■ TASK TO COMPLETE ■
Each line below with the string "stands" should be copied.

━━━ LISTED ENTRIES ━━━

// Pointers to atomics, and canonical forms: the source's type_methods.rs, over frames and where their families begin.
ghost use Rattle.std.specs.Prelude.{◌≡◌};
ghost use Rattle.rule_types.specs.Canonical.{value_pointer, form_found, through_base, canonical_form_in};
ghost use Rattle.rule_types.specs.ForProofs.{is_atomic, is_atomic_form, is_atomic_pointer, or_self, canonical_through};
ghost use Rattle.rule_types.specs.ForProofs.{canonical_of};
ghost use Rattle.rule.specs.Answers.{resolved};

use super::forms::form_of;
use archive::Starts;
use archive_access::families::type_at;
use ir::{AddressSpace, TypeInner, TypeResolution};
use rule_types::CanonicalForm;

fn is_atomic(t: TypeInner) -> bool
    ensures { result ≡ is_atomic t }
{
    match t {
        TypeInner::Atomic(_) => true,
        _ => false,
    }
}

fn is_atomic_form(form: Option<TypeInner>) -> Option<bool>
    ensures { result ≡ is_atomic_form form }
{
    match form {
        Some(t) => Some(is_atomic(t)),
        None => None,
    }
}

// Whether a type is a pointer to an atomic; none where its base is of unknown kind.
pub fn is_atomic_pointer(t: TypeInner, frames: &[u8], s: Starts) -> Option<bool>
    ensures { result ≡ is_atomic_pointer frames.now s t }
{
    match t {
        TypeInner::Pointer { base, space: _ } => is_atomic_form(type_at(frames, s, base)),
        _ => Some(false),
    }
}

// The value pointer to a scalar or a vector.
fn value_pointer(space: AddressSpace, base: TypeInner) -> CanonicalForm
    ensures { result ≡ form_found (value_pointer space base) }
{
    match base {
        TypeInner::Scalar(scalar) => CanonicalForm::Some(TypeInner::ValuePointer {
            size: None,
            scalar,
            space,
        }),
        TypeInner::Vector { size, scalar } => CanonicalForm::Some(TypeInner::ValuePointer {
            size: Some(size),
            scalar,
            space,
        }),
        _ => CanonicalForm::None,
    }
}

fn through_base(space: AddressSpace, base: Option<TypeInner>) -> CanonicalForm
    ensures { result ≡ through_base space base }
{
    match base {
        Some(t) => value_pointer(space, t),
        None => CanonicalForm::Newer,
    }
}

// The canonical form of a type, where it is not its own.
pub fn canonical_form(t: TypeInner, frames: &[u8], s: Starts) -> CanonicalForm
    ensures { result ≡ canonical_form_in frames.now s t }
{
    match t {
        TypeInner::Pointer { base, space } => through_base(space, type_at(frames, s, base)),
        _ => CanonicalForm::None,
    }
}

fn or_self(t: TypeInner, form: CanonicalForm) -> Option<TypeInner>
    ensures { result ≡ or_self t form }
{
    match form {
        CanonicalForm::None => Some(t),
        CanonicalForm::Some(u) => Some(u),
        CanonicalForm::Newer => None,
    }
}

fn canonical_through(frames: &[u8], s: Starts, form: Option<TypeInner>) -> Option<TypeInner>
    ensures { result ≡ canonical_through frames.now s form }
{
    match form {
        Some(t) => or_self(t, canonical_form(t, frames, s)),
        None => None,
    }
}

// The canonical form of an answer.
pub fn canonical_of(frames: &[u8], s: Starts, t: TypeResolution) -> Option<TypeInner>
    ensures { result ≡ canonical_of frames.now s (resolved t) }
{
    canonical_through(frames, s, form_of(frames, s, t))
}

━━━
━━━ LISTED ENTRIES ━━━

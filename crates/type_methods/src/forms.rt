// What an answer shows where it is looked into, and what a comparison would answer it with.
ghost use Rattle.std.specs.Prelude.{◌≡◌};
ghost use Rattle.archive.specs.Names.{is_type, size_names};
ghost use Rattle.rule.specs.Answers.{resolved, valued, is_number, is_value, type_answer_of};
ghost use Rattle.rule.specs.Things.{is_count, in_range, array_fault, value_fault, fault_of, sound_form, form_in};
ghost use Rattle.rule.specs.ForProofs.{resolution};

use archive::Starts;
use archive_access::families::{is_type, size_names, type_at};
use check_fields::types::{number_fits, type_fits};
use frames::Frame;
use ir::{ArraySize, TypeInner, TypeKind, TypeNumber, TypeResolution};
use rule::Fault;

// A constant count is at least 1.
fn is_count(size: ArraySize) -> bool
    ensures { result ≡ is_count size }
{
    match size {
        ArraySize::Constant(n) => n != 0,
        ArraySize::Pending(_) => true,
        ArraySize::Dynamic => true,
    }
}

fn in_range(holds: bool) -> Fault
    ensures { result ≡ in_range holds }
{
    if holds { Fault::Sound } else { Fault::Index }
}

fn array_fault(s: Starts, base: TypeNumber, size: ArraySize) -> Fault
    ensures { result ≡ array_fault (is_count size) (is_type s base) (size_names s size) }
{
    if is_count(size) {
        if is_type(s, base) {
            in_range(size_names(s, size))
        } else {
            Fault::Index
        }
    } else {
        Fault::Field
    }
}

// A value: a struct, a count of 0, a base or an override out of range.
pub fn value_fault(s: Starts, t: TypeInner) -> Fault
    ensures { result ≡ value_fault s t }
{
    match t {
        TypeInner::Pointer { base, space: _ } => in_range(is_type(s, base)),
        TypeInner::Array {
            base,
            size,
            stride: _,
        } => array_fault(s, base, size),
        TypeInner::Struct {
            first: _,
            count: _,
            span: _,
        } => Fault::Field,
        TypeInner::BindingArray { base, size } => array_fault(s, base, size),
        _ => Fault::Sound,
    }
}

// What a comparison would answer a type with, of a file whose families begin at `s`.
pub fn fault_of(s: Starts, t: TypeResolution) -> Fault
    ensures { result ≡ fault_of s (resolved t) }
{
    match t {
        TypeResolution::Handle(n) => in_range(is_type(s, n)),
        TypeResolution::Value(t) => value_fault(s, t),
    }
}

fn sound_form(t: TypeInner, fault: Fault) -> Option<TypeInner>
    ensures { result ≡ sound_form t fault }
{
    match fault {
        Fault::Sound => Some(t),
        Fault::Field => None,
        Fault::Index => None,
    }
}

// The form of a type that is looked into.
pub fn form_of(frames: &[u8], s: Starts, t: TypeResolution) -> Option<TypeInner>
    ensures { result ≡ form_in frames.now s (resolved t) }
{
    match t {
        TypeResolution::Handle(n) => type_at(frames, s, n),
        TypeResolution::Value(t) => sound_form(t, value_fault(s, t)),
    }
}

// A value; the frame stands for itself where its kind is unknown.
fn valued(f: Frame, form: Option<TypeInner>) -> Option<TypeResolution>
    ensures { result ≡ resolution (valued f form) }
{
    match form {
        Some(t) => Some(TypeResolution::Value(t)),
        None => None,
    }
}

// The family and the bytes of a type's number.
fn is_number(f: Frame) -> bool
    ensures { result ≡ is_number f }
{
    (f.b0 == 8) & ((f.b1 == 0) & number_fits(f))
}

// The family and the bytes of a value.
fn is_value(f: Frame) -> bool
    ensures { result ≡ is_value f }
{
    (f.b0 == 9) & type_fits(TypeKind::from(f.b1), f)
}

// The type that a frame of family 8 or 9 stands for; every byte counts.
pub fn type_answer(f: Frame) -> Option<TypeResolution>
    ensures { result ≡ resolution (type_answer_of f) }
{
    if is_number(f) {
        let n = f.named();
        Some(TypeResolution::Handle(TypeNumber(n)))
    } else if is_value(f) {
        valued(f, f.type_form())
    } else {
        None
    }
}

━━━
━━━ LISTED ENTRIES ━━━

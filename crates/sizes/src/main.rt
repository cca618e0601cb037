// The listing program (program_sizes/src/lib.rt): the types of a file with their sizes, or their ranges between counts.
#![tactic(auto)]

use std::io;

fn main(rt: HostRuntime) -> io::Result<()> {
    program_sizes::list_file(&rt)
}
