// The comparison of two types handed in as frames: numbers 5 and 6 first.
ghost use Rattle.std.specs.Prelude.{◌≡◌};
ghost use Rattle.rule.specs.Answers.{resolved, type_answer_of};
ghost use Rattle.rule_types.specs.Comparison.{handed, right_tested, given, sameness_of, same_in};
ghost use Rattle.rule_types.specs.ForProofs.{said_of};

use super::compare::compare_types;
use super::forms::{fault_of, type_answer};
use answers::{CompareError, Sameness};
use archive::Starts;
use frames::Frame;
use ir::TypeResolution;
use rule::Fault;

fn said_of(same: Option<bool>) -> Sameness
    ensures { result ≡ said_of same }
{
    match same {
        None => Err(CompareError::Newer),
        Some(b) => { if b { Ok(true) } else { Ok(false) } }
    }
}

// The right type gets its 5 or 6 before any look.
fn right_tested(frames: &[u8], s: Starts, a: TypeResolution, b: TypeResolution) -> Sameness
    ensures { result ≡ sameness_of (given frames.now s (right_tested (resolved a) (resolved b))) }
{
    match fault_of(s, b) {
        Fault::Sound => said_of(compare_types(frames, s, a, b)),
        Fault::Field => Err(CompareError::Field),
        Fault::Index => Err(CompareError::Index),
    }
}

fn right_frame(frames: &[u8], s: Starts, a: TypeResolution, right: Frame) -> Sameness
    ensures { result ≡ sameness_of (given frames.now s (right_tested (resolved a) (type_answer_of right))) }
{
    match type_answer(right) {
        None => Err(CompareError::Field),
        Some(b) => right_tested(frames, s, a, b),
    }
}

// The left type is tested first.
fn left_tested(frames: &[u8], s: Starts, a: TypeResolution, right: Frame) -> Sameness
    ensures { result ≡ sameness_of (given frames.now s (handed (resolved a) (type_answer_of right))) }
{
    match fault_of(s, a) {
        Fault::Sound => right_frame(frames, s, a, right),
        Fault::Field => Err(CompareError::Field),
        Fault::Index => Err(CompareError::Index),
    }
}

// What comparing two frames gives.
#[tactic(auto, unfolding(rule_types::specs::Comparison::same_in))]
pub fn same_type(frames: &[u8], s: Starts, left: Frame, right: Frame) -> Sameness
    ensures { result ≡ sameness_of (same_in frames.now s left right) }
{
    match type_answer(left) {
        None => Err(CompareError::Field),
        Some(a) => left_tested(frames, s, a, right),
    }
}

━━━

■ ANSWER BELOW ■
// A value; the frame stands for itself where its kind is unknown.
// The type that a frame of family 8 or 9 stands for; every byte counts.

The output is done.